Now, you seem to be a clear minded and very self-confident person. Wonderful. We need more like you. But I still feel that the vast majority of people, when confronted with social pressure like this, will back down and not make a fuss not because they think it's the right thing to do but because they know the inmates are running the asylum.
Maybe it's because I live in a small community but I am perplexed as to how this works so well. After all, if they were to threaten that my daughters couldn't get shidduchim in their community, I would think: who wants to marry creeps like you anyway? Why would I want to send my boy to a yeshiva that tolerates pedophiles? But people do. Is it because they don't know there are alternatives?
I say again: those of you who are not yet absorbed into the weird culture need to get out and start again elsewhere. There's a huge Jewish world out there and options for people who are sick of the situation but want to continue to be observant.
I like the tone of your post! There is no excuse for any of these behaviors.
You go girl! Not everybody has the option to leave here to get away from the craziness sometimes exhibited. The only right choice is to take a stand and fight back.
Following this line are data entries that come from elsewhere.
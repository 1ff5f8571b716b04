ghost use Rattle.std.specs.Prelude.{◌≡◌, ◌<◌, ◌≤◌, ◌^◌, IfSome, IsTrue, length, drop};
ghost use Rattle.std.specs.Char.{digit_value};
ghost use Rattle.std.specs.Char.Utf16.{is_high_surrogate};
ghost use Rattle.std.specs.Option.{SomeIff};
ghost use Rattle.n1ql_lex.specs.Quoted.{escape_at, escaped_char, hex4, is_escape, is_plain, pair_at, pair_of, part_at, quote_at, unit_of};

/// What stands at the front of quoted text.
#[derive(Clone, Copy, Debug, PartialEq, Eq)]
pub enum QuotedPart {
    /// The quote that ends the text.
    End,
    /// A byte that stands for itself.
    Plain,
    /// The first `len` bytes, which stand for a character.
    Stands { character: char, len: usize },
    /// Nothing that may stand there.
    Broken,
}

/// The character that a letter stands for behind a backslash.
fn escaped_char(letter: u8) -> Option<char>
    ensures { result ≡ escaped_char letter }
{
    if letter == b'"' || letter == b'\'' || letter == b'\\' || letter == b'/' {
        Some(letter as char)
    } else if letter == b'b' {
        Some('\u{8}')
    } else if letter == b'f' {
        Some('\u{c}')
    } else if letter == b'n' {
        Some('\n')
    } else if letter == b'r' {
        Some('\r')
    } else if letter == b't' {
        Some('\t')
    } else {
        None
    }
}

/// The value of a hexadecimal digit.
fn hex_value(digit: u8) -> Option<u32>
    ensures { SomeIff result (digit_value digit < 16) (digit_value digit) }
{
    (digit as char).to_digit(16)
}

/// The number that four hexadecimal digits at the front write.
#[tactic(auto, unfolding(crate::specs::Quoted::hex4))]
fn hex4(bytes: &[u8]) -> Option<u32>
    ensures value { result ≡ hex4 bytes.now }
    ensures small { IfSome result (λ unit. unit < 2 ^ 16) }
    ensures four { IfSome result (λ _. 4 ≤ length bytes.now) }
{
    if bytes.len() < 4 {
        return None;
    }
    let a = hex_value(bytes[0])?;
    let b = hex_value(bytes[1])?;
    let c = hex_value(bytes[2])?;
    let d = hex_value(bytes[3])?;
    Some(((a * 16 + b) * 16 + c) * 16 + d)
}

/// The character of a pair of surrogates.
fn pair_of(high: u32, low: u32) -> QuotedPart
    requires high { IsTrue (is_high_surrogate high) }
    requires low { low < 2 ^ 16 }
    ensures { result ≡ pair_of high (Some low) }
{
    if low < 0xdc00 || 0xe000 <= low {
        return QuotedPart::Broken;
    }
    match char::from_u32(0x10000 + (high - 0xd800) * 0x400 + (low - 0xdc00)) {
        Some(character) => QuotedPart::Stands { character, len: 12 },
        None => QuotedPart::Broken,
    }
}

/// What stands after `\u` and a high surrogate.
#[tactic(auto, unfolding(crate::specs::Quoted::pair_at))]
fn pair_at(high: u32, bytes: &[u8]) -> QuotedPart
    requires { IsTrue (is_high_surrogate high) }
    ensures { result ≡ pair_at high bytes.now }
{
    if bytes.len() < 2 || bytes[0] != b'\\' || bytes[1] != b'u' {
        return QuotedPart::Broken;
    }
    match hex4(&bytes[2..]) {
        Some(low) => pair_of(high, low),
        None => QuotedPart::Broken,
    }
}

/// What stands after `\u`.
fn unit_at(bytes: &[u8]) -> QuotedPart
    ensures { result ≡ unit_of (hex4 bytes.now) (drop 4 bytes.now) }
{
    let Some(unit) = hex4(bytes) else {
        return QuotedPart::Broken;
    };
    match char::from_u32(unit) {
        Some(character) => QuotedPart::Stands { character, len: 6 },
        None if unit < 0xdc00 => pair_at(unit, &bytes[4..]),
        None => QuotedPart::Broken,
    }
}

/// What stands after a backslash.
#[tactic(auto, unfolding(crate::specs::Quoted::escape_at))]
fn escape_at(bytes: &[u8]) -> QuotedPart
    ensures { result ≡ escape_at bytes.now }
{
    let Some((letter, rest)) = bytes.split_first() else {
        return QuotedPart::Broken;
    };
    if *letter == b'u' {
        return unit_at(rest);
    }
    match escaped_char(*letter) {
        Some(character) => QuotedPart::Stands { character, len: 2 },
        None => QuotedPart::Broken,
    }
}

/// What stands after a quote of the kind that opened the text.
fn quote_at(quote: u8, bytes: &[u8]) -> QuotedPart
    ensures { result ≡ quote_at quote bytes.now }
{
    match bytes.first() {
        Some(next) if *next == quote => QuotedPart::Stands {
            character: quote as char,
            len: 2,
        },
        _ => QuotedPart::End,
    }
}

/// Whether a byte begins an escape, in text that this quote opened.
fn is_escape(quote: u8, byte: u8) -> bool
    ensures { result ≡ is_escape quote byte }
{
    byte == b'\\' && quote != b'`'
}

/// Whether a byte stands for itself, in text that this quote opened.
pub fn is_plain(quote: u8, byte: u8) -> bool
    ensures { result ≡ is_plain quote byte }
{
    byte != quote && !is_escape(quote, byte)
}

/// What stands at the front of text that this quote opened.
#[tactic(auto, unfolding(crate::specs::Quoted::part_at))]
pub fn part_at(quote: u8, bytes: &[u8]) -> QuotedPart
    ensures { result ≡ part_at quote bytes.now }
{
    let Some((first, rest)) = bytes.split_first() else {
        return QuotedPart::Broken;
    };
    if *first == quote {
        quote_at(quote, rest)
    } else if is_escape(quote, *first) {
        escape_at(rest)
    } else {
        QuotedPart::Plain
    }
}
Good for you for posting on this difficult topic. And the idea that your kids won't have a shidduch because mom sticks up for what's right? There are plenty of parents who would appreciate such a match.
Someone once said the loudest person in the room isn't always right.
I decided years ago that there are TONS of reasons my kids will never get a good shiduch, so when I had to threaten the mefakachat of the chinuch atzmai with a trial (over not placing Ricki where she legally had right to be...), I put my "shiduch" fears aside...
-Ricki got her placement
-my three oldest got fine shiduchim
There are enough good people out there... the "no shidduch" won't work.....
The whole "your kids won't find a shidduch" thing doesn't apply to me. I'm modern orthodox, and I fully expect my kids to find their own spouses. No shidduch dating here.
Go SR! Your kids will be that much stronger, not to mention better spouses themselves, having grown up with such a strong SuperMom who knows what's really important.
Why, oh why, are people so worried about the status of the shidduch, over that of the mental and physical health of their own kids? Way beyond me...
Strong, healthy kids, with a strong healthy support system, make for strong, healthy spouses and parents, and a strong community.
Hear Hear!
The part that sounds so wrong about the whole concern over shidduchim is, that both stem from a concern of what is best for the children. But the shidduchim one is a superficial one, where outsiders look at your children. The molesters one is a real concern that is a inside issue, of the child's safety. And people are more concerned about what people "think" of their children, instead of what is actually happening to their children.